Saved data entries
════════
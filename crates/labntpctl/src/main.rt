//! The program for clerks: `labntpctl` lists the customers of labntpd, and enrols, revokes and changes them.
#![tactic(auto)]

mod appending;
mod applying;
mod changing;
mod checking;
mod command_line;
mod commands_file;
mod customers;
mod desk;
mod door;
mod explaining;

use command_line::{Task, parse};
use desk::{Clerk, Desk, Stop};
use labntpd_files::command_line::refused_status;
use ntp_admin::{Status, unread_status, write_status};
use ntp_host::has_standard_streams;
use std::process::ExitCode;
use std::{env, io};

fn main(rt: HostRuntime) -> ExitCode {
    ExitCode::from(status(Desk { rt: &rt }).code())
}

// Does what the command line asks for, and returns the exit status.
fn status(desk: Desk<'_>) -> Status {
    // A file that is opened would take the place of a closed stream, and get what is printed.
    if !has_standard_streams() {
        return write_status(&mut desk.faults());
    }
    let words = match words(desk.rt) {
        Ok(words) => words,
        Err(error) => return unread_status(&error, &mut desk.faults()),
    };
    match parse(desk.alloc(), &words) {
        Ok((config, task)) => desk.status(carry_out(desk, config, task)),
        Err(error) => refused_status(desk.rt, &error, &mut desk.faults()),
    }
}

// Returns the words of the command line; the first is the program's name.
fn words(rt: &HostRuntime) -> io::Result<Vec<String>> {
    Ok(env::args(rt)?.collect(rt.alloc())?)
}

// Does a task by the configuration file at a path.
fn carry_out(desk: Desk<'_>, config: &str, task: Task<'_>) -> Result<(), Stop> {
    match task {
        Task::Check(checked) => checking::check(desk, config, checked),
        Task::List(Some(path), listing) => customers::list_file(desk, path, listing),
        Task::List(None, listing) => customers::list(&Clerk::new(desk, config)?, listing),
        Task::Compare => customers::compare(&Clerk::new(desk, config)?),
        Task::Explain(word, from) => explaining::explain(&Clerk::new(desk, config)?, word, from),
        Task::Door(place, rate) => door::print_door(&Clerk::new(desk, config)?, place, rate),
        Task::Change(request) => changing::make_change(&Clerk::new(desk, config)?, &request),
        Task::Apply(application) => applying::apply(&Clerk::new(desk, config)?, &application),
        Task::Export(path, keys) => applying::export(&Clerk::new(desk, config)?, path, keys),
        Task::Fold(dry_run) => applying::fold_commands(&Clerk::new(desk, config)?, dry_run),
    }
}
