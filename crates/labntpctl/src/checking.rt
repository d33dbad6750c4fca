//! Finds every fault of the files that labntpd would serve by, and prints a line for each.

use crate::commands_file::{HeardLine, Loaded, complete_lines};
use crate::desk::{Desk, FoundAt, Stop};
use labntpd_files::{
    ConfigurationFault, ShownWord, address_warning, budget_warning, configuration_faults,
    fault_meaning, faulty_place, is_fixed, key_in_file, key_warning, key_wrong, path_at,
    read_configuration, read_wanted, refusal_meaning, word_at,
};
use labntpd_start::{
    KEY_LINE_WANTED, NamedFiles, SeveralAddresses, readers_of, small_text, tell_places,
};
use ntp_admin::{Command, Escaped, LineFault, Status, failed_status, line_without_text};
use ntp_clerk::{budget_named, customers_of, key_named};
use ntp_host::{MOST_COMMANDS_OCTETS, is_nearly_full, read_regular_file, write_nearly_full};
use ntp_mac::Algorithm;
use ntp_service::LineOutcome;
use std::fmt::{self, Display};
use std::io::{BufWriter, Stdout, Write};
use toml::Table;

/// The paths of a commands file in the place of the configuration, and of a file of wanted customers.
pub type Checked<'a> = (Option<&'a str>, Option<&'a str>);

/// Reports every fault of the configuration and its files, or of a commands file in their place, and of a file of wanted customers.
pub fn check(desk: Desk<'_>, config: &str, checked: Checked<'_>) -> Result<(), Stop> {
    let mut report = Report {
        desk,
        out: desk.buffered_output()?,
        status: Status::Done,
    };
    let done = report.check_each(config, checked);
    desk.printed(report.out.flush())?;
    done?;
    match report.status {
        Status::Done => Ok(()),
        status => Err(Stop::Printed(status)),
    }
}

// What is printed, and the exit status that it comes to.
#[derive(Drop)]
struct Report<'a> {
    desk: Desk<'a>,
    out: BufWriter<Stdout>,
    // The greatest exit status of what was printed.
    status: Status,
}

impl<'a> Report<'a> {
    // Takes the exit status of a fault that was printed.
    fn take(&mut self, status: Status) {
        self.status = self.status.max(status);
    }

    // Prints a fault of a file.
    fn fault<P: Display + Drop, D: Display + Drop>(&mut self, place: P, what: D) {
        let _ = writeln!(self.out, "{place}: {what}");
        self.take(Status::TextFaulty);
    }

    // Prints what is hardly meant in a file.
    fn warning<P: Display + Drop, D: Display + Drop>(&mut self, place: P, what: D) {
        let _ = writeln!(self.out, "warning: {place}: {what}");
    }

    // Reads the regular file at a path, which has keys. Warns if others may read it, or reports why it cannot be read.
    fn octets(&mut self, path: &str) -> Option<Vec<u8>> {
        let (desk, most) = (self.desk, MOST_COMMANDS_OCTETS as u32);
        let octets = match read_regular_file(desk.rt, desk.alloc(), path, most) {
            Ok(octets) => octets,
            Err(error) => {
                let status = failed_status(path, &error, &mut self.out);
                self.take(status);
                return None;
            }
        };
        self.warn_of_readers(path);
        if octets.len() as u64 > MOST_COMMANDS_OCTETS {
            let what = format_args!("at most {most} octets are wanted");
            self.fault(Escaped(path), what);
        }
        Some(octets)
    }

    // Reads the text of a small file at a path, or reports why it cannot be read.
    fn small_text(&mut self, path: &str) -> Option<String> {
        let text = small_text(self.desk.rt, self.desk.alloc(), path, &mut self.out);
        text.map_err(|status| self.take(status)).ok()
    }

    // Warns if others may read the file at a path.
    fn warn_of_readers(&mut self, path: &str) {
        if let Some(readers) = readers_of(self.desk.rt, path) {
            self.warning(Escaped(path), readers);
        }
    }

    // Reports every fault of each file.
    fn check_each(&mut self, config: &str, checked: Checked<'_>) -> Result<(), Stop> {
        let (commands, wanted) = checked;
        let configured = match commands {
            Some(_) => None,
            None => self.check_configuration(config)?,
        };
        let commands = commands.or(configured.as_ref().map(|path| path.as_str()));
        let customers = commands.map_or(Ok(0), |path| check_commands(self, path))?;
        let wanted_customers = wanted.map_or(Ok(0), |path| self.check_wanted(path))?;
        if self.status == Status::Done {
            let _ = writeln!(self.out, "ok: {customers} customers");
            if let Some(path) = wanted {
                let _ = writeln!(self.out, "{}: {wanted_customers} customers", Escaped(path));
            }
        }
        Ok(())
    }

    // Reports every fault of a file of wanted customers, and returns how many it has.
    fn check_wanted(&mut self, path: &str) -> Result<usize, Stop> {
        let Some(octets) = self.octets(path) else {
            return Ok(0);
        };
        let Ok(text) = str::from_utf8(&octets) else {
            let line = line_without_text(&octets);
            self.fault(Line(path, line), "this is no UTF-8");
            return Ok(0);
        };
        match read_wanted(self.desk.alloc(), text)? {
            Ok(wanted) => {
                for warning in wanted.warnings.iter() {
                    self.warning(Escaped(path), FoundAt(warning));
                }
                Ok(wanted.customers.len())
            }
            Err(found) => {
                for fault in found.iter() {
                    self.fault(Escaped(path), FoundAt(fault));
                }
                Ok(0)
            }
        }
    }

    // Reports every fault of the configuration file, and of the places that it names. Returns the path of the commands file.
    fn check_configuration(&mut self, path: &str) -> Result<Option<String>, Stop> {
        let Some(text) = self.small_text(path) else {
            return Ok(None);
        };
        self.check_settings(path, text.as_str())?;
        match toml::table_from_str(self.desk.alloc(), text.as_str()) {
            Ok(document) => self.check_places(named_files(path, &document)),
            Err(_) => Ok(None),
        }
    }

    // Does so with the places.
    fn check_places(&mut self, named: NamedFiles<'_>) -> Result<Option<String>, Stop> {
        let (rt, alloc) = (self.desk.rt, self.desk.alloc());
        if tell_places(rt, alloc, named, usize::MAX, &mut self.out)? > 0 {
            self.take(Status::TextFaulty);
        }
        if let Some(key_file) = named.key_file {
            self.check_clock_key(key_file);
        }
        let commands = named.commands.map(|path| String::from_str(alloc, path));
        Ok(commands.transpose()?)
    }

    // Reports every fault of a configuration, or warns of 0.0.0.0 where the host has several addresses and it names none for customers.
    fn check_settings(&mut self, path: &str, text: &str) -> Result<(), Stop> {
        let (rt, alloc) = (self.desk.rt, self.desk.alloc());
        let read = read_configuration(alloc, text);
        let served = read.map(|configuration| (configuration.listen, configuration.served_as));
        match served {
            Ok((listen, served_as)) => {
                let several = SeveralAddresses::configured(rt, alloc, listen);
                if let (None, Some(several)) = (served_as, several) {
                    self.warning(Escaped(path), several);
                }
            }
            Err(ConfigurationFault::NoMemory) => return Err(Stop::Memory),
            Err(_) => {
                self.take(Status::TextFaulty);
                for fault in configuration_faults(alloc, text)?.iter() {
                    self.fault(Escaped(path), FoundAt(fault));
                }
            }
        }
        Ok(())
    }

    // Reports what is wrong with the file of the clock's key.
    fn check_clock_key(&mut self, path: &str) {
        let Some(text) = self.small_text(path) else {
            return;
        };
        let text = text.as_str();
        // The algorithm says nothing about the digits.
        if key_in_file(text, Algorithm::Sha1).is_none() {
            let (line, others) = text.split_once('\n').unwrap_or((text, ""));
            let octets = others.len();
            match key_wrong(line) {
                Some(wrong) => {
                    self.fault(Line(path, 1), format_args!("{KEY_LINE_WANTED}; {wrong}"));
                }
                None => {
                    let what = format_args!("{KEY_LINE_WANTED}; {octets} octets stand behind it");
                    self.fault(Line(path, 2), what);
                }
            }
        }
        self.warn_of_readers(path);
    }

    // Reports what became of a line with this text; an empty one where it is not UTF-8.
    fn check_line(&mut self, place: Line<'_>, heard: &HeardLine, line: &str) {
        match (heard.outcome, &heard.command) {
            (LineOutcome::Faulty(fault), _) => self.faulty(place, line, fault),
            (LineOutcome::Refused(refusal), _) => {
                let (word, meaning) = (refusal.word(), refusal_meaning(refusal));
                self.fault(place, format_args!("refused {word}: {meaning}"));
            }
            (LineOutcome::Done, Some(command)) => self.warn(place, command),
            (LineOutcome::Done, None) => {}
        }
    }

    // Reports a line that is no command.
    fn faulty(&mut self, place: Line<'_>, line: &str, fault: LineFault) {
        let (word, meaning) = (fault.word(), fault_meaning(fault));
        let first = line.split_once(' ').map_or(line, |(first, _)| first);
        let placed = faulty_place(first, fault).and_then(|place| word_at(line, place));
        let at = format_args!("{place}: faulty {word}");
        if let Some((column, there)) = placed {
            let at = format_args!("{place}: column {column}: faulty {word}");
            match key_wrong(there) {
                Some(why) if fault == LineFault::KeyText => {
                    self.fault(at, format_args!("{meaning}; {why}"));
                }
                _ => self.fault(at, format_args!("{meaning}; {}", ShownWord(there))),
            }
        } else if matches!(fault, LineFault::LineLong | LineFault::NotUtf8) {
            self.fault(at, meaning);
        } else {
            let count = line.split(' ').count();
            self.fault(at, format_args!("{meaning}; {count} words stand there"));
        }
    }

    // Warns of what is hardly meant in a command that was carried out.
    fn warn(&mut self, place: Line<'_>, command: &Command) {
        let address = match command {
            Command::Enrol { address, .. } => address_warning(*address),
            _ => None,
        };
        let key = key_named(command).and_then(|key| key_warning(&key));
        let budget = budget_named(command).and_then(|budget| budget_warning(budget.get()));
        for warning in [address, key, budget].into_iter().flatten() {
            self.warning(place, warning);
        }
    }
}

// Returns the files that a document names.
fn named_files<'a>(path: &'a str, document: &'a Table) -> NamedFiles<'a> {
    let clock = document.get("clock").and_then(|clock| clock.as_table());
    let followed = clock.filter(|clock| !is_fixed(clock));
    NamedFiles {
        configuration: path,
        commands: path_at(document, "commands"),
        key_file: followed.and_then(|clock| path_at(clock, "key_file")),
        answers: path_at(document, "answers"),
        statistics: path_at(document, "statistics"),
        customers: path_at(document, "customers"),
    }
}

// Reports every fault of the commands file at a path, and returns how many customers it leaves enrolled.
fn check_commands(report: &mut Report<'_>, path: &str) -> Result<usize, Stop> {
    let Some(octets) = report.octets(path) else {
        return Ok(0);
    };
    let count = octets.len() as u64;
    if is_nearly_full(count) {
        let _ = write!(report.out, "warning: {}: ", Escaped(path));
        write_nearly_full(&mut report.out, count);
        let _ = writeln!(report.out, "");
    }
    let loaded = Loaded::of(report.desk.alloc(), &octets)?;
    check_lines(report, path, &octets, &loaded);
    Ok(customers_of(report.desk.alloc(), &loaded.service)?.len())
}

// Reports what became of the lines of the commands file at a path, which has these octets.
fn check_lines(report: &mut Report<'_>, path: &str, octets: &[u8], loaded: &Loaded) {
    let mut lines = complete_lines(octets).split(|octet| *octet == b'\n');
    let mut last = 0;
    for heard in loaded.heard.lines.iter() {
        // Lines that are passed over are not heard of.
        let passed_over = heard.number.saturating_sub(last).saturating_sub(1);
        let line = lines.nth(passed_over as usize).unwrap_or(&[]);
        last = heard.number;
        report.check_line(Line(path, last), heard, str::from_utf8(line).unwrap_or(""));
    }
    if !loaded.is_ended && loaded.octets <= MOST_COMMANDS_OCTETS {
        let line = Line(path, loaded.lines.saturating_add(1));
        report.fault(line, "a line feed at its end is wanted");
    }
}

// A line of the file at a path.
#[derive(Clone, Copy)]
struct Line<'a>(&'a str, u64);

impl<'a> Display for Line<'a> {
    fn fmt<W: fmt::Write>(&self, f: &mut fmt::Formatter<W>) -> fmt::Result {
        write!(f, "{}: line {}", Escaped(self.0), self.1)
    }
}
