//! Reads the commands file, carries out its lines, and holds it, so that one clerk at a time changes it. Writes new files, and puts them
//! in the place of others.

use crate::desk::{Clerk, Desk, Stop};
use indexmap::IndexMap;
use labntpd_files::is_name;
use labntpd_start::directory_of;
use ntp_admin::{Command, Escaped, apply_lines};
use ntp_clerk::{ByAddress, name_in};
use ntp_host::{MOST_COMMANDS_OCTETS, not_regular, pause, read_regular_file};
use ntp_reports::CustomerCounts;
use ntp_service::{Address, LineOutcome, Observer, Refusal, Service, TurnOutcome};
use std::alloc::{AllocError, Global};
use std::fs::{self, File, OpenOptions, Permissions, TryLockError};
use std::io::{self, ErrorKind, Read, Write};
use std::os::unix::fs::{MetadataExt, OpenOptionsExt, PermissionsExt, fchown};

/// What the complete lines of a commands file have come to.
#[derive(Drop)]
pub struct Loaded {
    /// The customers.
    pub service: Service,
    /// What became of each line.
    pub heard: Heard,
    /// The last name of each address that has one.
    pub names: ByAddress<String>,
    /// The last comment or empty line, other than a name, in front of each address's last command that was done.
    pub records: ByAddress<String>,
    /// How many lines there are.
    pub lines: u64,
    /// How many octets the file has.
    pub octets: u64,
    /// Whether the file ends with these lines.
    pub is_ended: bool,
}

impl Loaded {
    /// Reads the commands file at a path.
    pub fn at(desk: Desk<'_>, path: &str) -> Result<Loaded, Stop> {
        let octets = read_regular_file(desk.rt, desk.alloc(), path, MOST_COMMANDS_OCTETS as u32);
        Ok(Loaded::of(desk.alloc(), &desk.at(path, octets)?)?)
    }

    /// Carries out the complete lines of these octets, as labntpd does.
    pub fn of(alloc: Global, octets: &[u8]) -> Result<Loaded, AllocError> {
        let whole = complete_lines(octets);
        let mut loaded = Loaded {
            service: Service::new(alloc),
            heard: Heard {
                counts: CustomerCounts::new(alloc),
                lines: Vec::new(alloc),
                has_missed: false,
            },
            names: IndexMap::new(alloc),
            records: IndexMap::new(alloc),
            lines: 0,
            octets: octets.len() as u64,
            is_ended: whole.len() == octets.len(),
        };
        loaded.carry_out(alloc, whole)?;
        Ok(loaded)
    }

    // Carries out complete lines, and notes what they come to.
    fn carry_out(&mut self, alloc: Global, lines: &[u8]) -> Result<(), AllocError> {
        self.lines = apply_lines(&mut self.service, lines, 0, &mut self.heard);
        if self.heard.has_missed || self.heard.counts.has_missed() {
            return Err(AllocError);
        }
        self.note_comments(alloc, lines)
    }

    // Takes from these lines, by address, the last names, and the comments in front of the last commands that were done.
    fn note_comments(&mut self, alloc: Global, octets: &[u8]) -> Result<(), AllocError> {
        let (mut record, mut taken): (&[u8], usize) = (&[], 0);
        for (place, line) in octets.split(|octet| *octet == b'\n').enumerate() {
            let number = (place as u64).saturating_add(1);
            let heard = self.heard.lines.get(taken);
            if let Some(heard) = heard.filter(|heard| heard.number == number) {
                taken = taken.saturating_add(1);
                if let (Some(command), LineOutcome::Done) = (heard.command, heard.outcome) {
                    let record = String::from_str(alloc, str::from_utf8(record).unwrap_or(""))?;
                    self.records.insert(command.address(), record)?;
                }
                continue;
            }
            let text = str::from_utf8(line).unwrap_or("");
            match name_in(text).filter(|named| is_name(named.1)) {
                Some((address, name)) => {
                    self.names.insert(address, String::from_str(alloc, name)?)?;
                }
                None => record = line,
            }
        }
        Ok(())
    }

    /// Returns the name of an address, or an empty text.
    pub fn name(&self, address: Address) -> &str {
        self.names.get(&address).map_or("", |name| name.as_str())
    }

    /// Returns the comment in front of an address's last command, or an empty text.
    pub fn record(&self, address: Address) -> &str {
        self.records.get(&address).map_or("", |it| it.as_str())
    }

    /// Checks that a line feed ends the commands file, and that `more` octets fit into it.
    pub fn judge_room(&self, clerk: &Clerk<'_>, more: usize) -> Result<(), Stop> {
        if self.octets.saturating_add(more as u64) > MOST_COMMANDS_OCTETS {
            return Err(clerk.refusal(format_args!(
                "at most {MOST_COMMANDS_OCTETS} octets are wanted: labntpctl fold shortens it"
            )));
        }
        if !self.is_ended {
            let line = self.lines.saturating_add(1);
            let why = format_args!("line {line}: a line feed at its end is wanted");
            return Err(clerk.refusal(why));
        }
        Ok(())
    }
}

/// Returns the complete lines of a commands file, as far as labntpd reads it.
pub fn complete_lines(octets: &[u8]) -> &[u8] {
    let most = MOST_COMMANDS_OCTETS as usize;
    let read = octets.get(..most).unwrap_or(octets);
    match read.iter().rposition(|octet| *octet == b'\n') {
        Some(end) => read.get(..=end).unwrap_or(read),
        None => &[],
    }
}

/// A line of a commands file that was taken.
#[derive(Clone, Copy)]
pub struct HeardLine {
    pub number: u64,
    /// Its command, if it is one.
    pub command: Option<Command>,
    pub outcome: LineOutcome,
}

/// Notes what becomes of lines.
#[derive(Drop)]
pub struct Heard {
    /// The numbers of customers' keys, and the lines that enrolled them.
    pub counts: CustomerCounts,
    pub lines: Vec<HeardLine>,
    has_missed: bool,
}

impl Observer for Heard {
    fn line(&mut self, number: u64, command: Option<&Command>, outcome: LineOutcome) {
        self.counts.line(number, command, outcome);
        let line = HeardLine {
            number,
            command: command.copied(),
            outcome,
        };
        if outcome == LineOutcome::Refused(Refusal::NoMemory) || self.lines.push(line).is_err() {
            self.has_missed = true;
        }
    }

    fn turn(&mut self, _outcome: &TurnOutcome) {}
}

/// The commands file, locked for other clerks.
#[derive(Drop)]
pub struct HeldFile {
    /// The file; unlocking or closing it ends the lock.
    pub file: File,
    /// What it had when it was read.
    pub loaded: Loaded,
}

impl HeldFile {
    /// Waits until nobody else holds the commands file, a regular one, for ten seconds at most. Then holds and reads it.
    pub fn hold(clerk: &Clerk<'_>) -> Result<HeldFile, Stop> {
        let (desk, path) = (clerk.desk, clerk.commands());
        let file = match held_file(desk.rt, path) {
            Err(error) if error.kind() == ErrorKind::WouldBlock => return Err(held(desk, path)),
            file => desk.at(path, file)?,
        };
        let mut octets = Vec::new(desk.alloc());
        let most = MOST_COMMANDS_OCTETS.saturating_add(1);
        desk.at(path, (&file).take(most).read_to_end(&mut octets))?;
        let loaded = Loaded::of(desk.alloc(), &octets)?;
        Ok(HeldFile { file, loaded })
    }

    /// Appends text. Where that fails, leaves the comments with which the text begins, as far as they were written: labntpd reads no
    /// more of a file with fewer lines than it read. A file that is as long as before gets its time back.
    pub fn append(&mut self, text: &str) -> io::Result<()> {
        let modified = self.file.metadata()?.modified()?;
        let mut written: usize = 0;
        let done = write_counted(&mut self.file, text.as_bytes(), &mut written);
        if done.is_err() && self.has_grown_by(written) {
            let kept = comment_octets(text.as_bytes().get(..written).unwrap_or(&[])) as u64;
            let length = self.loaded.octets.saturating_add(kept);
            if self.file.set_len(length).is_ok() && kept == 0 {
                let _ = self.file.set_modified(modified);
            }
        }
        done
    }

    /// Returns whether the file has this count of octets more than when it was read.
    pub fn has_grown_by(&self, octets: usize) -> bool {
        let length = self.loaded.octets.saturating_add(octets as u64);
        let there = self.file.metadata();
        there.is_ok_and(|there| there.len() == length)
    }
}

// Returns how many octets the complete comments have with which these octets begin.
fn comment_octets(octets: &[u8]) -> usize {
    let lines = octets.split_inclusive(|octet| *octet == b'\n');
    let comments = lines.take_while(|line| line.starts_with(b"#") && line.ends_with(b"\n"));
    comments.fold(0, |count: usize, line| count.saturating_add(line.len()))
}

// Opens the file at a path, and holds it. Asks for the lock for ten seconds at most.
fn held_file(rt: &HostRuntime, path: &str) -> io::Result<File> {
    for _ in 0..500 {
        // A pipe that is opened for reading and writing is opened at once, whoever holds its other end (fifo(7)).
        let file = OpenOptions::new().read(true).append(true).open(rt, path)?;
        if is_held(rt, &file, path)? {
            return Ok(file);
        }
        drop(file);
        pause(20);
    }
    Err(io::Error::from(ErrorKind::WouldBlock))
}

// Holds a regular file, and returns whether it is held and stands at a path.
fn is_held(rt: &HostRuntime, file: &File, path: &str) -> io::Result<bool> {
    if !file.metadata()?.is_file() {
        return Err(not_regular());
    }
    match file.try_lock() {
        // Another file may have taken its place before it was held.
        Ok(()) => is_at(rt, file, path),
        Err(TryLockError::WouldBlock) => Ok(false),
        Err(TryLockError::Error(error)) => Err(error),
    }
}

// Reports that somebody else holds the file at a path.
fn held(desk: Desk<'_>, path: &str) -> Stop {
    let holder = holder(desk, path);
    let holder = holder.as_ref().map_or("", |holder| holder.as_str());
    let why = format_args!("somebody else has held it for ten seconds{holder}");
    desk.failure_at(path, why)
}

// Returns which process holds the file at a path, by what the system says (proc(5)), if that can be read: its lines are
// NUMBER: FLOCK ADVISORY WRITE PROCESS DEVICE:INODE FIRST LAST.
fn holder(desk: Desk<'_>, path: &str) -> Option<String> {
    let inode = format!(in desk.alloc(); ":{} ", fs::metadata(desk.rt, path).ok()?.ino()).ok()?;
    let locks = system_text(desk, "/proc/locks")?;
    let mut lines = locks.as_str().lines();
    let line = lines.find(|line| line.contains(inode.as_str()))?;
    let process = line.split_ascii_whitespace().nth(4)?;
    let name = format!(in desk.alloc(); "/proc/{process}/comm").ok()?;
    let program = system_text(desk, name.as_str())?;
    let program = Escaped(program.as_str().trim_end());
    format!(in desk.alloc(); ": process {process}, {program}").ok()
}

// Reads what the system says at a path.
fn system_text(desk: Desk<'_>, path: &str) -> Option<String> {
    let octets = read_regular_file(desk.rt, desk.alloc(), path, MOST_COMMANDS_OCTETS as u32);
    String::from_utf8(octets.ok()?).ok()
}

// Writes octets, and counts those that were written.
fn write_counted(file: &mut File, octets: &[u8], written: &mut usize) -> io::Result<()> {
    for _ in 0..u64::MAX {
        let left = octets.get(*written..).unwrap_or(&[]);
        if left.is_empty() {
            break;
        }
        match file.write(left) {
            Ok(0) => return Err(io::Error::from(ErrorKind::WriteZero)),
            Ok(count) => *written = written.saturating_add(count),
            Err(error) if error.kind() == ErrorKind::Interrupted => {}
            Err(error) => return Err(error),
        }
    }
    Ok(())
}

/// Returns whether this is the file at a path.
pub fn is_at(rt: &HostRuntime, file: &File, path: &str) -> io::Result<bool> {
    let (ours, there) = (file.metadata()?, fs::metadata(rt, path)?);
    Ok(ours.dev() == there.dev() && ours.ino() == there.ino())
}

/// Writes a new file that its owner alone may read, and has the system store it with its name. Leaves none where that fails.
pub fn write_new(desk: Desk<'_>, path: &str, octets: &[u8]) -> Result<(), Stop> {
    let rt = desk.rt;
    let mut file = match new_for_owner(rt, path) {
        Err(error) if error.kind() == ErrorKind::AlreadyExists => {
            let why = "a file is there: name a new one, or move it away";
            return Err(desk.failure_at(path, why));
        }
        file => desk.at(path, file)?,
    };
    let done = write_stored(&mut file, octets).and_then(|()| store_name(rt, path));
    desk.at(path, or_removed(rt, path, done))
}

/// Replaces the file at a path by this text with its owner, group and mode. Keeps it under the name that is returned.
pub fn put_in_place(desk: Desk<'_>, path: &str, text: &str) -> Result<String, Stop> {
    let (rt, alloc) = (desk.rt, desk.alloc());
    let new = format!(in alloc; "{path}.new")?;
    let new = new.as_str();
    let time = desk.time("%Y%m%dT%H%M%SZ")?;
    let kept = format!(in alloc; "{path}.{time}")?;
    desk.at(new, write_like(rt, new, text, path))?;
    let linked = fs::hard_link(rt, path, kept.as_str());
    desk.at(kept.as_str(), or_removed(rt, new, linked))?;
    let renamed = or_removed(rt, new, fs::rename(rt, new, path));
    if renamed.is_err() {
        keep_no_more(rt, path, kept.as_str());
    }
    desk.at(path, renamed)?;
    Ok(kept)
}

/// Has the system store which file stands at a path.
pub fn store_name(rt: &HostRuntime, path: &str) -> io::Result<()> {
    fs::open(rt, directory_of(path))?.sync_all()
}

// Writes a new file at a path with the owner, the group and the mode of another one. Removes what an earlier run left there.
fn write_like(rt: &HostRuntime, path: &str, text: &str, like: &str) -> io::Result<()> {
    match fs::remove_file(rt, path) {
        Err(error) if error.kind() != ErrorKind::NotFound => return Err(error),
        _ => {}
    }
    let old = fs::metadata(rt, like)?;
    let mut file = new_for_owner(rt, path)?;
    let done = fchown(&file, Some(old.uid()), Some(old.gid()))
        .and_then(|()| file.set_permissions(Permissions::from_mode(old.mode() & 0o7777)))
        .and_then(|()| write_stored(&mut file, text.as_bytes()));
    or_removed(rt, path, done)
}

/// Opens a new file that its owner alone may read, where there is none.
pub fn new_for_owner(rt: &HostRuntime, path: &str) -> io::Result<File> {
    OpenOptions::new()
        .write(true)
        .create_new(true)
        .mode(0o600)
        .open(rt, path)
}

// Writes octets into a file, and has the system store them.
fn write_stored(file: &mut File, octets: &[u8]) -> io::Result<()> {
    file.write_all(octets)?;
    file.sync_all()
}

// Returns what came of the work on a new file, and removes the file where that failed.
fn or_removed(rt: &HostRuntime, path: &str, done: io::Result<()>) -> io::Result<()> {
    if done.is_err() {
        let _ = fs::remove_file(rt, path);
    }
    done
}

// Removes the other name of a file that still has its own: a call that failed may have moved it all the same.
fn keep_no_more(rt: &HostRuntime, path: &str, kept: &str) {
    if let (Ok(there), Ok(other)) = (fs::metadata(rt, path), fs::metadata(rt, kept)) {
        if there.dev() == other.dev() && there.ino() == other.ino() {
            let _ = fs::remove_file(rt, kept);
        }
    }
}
════════
Look above for the line holding "pub fn new_for_owner(rt: &HostRuntime, path: &str)", then set down exactly that line and every line after it up to and including the line holding "all the same.", with nothing else.

pub fn new_for_owner(rt: &HostRuntime, path: &str) -> io::Result<File> {
    OpenOptions::new()
        .write(true)
        .create_new(true)
        .mode(0o600)
        .open(rt, path)
}

// Writes octets into a file, and has the system store them.
fn write_stored(file: &mut File, octets: &[u8]) -> io::Result<()> {
    file.write_all(octets)?;
    file.sync_all()
}

// Returns what came of the work on a new file, and removes the file where that failed.
fn or_removed(rt: &HostRuntime, path: &str, done: io::Result<()>) -> io::Result<()> {
    if done.is_err() {
        let _ = fs::remove_file(rt, path);
    }
    done
}

// Removes the other name of a file that still has its own: a call that failed may have moved it all the same.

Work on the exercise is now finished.